= 2004–05 Palestinian local elections =

Election in the Palestinian territories

Municipal elections were held between December 2004 and December 2005, to elect members of local councils in the Palestinian Territories. The elections were approved by President Yasser Arafat of the Palestinian National Authority (PNA), before his death on 11 November 2004. They were administered by the Higher Committee for Local Elections (HCLE), a body established under the authority of the Ministry for Local Government, an institution of the Palestinian National Authority.

It were the first local elections held by the PNA. Previous municipal elections were held in 1972 and 1976, organized by the Israeli occupation power.

== Proceeding ==
The elections were scheduled to take place in five rounds, but the fifth was not carried out, because of the situation in Palestinian Territories after the formation of a Hamas-led government.
Approximately 25% of Palestinians lived in districts that did not have elections.
- The first round of elections was held in two parts; the first part on 23 December 2004 in 22 localities in the West Bank and the second on 27 January 2005 in 14 localities in the Gaza Strip. The seats were allocated according to the simple majority system (districts).
- The second round was held on 5 May 2005 in 76 localities in the West Bank and 6 in the Gaza Strip. The seats were again allocated according to the simple majority system (districts).
- The third round of local elections was held on 29 September 2005 in 104 localities in the West Bank only. In this round the seats were allocated according to the proportional representation system (lists).
- The fourth round of local elections was held on 15 December 2005 in 37 population centers in the West Bank and 3 in the Gaza Strip. Seats were also allocated in this round according to the proportional representation system (lists). In some districts elections were canceled.
In the first two rounds, council members were elected by Bloc voting election system, and the third and fourth by Party-list proportional representation.

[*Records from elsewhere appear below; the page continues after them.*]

//! Raw stores as JSON documents.
ghost use Rattle.std.specs.Prelude.{◌≡◌, ◌<◌, All, IfOk, OnOk, Some, map, string_bytes};
ghost use Rattle.hex.specs.Hex.{encode_lower};
ghost use Rattle.serde_json.specs.Data.{array, object, put};
ghost use Rattle.serde_json.specs.Read.{read};
ghost use Rattle.serde_json.specs.View.{members_view, view};
ghost use Rattle.xet_store.specs.Refusals.{stored_term};
ghost use Rattle.xet_audit.specs.Raws.{HasRaw, file_of_raw, store_of_raw};
ghost use Rattle.xet_compact.specs.Documents.{IsHash, IsInOrder, IsListable, IsListableFile, IsListableTerm};
ghost use Rattle.xet_compact.specs.Documents.{IsListableXorb, chunk_items, digits, document_data, document_text};
ghost use Rattle.xet_compact.specs.Documents.{file_members, term_data, term_items, xorb_members};

use crate::order::is_in_order;
use crate::writing::text_in_order;
use bytes::Bytes;
use serde_json::{Map, Value};
use std::alloc::Global;
use xet_audit::{RawFile, RawStore, RawXorb};
use xet_base::{FileDataSequenceEntry, MerkleHash, OutOfMemory, Text};

/// The document of a raw store, `{"files":{HASH:[[HASH,from,to],..]},"xorbs":{HASH:[HEXCHUNK,..]}}`: compact JSON with
/// ascending keys, hashes and chunks in lower-case digits. Of two xorbs with one hash the first is in it, and of two
/// files. That of a store whose xorbs and files stand by ascending hash, each hash once, reads back as this store. Want
/// of memory is the only error.
///
/// Of a store in that order it takes memory for the text alone; of any other the JSON value is made first, which takes
/// some three times that.
pub fn document(alloc: Global, raw: &RawStore) -> Result<Text, OutOfMemory>
    ensures text { IfOk result (λ text. text ≡ document_text (store_of_raw raw.now)) }
    ensures reads { IfOk result (λ text. read text ≡ Some (document_data (store_of_raw raw.now))) }
    ensures lists { OnOk result (IsInOrder (store_of_raw raw.now)
        → HasRaw (document_text (store_of_raw raw.now)) (store_of_raw raw.now)) }
{
    let text = document_string(alloc, raw)?;
    Ok(Text::from_string(text))
}

// The text of the document. That it was made tells that the store has hashes, bytes and numbers of chunks.
fn document_string(alloc: Global, raw: &RawStore) -> Result<String, OutOfMemory>
    ensures text { IfOk result (λ text. string_bytes text ≡ document_text (store_of_raw raw.now)) }
    ensures reads { IfOk result (λ text. read (string_bytes text) ≡ Some (document_data (store_of_raw raw.now))) }
    ensures told { OnOk result (IsListable (store_of_raw raw.now)) }
{
    if is_in_order(raw) {
        return text_in_order(alloc, raw);
    }
    value_text(alloc, raw)
}

// The text of its value.
fn value_text(alloc: Global, raw: &RawStore) -> Result<String, OutOfMemory>
    ensures text { IfOk result (λ text. string_bytes text ≡ document_text (store_of_raw raw.now)) }
    ensures reads { IfOk result (λ text. read (string_bytes text) ≡ Some (document_data (store_of_raw raw.now))) }
    ensures told { OnOk result (IsListable (store_of_raw raw.now)) }
{
    let value = document_value(alloc, raw)?;
    Ok(value.to_string(alloc)?)
}

// The value of the document. That it was made tells that the store has hashes, bytes and numbers of chunks.
fn document_value(alloc: Global, raw: &RawStore) -> Result<Value, OutOfMemory>
    ensures value { IfOk result (λ v. view v ≡ document_data (store_of_raw raw.now)) }
    ensures told { OnOk result (IsListable (store_of_raw raw.now)) }
{
    let xorbs = xorbs_value(alloc, raw.xorbs.as_slice())?;
    let files = files_value(alloc, raw.files.as_slice())?;
    let mut members = Map::new(alloc);
    serde_json::put(&mut members, alloc, "xorbs", xorbs)?;
    serde_json::put(&mut members, alloc, "files", files)?;
    Ok(Value::Object(members))
}

// The xorbs, from the last to the first, so that of two with one hash the first stays.
fn xorbs_value(alloc: Global, xorbs: &[RawXorb]) -> Result<Value, OutOfMemory>
    ensures value { IfOk result (λ v. view v ≡ object (xorb_members xorbs.now)) }
    ensures told { OnOk result (All IsListableXorb xorbs.now) }
{
    let mut members = Map::new(alloc);
    for i in (0..xorbs.len()).rev() {
        let xorb = &xorbs[i];
        let chunks = chunks_value(alloc, xorb.chunks.as_slice())?;
        put_hash(alloc, xorb.hash, chunks, &mut members)?;
    }
    Ok(Value::Object(members))
}

// The files, from the last to the first, so that of two with one hash the first stays.
fn files_value(alloc: Global, files: &[RawFile]) -> Result<Value, OutOfMemory>
    ensures value { IfOk result (λ v. view v ≡ object (file_members (map file_of_raw files.now))) }
    ensures told { OnOk result (All IsListableFile (map file_of_raw files.now)) }
{
    let mut members = Map::new(alloc);
    for i in (0..files.len()).rev() {
        let file = &files[i];
        let terms = terms_value(alloc, file.terms.as_slice())?;
        put_hash(alloc, file.hash, terms, &mut members)?;
    }
    Ok(Value::Object(members))
}

// Puts a value under a hash, in place of one that is there.
fn put_hash(
    alloc: Global,
    hash: MerkleHash,
    value: Value,
    members: &mut Map<String, Value>,
) -> Result<(), OutOfMemory>
    ensures put { OnOk result (members_view members.new.entries
        ≡ put (encode_lower hash.0) (view value) (members_view members.old.entries)) }
    ensures told { IsHash hash }
{
    let key = digits_of(alloc, hash.0.as_slice())?;
    drop(members.insert(key, value)?);
    Ok(())
}

// The chunks of a xorb.
fn chunks_value(alloc: Global, chunks: &[Bytes]) -> Result<Value, OutOfMemory>
    ensures value { IfOk result (λ v. view v ≡ array (chunk_items chunks.now)) }
    ensures told { OnOk result (All (λ c. All (λ b. b < 256) c) chunks.now) }
{
    let mut items = Vec::with_capacity(alloc, chunks.len())?;
    for chunk in chunks {
        items.push(digits_value(alloc, chunk.as_slice())?)?;
    }
    Ok(Value::Array(items))
}

// Bytes in digits.
fn digits_value(alloc: Global, bytes: &[u8]) -> Result<Value, OutOfMemory>
    ensures value { IfOk result (λ v. view v ≡ digits bytes.now) }
    ensures told { All (λ b. b < 256) bytes.now }
{
    Ok(Value::String(digits_of(alloc, bytes)?))
}

/// The digits of bytes.
pub(crate) fn digits_of(alloc: Global, bytes: &[u8]) -> Result<String, OutOfMemory>
    ensures text { IfOk result (λ text. string_bytes text ≡ encode_lower bytes.now) }
    ensures told { All (λ b. b < 256) bytes.now }
{
    Ok(hex::encode(alloc, bytes)?)
}

// The terms of a file.
fn terms_value(alloc: Global, terms: &[FileDataSequenceEntry]) -> Result<Value, OutOfMemory>
    ensures value { IfOk result (λ v. view v ≡ array (term_items (map stored_term terms.now))) }
    ensures told { OnOk result (All (λ t. IsListableTerm (stored_term t)) terms.now) }
{
    let mut items = Vec::with_capacity(alloc, terms.len())?;
    for term in terms {
        items.push(term_value(alloc, *term)?)?;
    }
    Ok(Value::Array(items))
}

// A term: the hash of its xorb, and the numbers of its first chunk and of the one after its last.
fn term_value(alloc: Global, term: FileDataSequenceEntry) -> Result<Value, OutOfMemory>
    ensures value { IfOk result (λ v. view v ≡ term_data (stored_term term)) }
    ensures told { IsListableTerm (stored_term term) }
{
    let xorb = digits_value(alloc, term.xorb.0.as_slice())?;
    let parts = vec![in alloc; xorb, Value::from(term.from), Value::from(term.to)]?;
    Ok(Value::Array(parts))
}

===Jerusalem Governorate===
The Jerusalem electoral district was divided into two zones:
- The area of East Jerusalem annexed by Israel with 250,000 Palestinians, holding Israeli ID cards.
- The remaining area with 27 Palestinian residential localities, which were occupied, but not annexed.

== Results ==

=== Beit Jala ===
In Beit Jala, six seats went to the United Beit Jala list (Fatah and one member of the Palestinian People's Party), five seats went to Sons of the Land (PFLP and independents), one seat went to Independent Beit Jala Group and one candidate was elected as an independent. The top candidate of the Sons of the Land list was Nadir Antoun Issa Abu Ashma, while the top candidate of the United Beit Jala list was Raji George Jadallah Zeidan.
==International observation==
The elections were observed by a Council of Europe team headed by Jean-Claude Frécon at an early stage and later by Christopher Newbury. He announced on 16 December 2005 "We have seen an impressive improvement in the organisation of the voting process during the fourth phase of local elections in the Palestinian Territories, compared to previous phases...Inside the polling stations, the Congress observed a free and fair election. Outside them, further improvements remain to be made."

In the December 2005 round of elections, the observation teams visited 130 polling stations in Al-Bireh, Gaza, Jenin, Nablus, and Ramallah.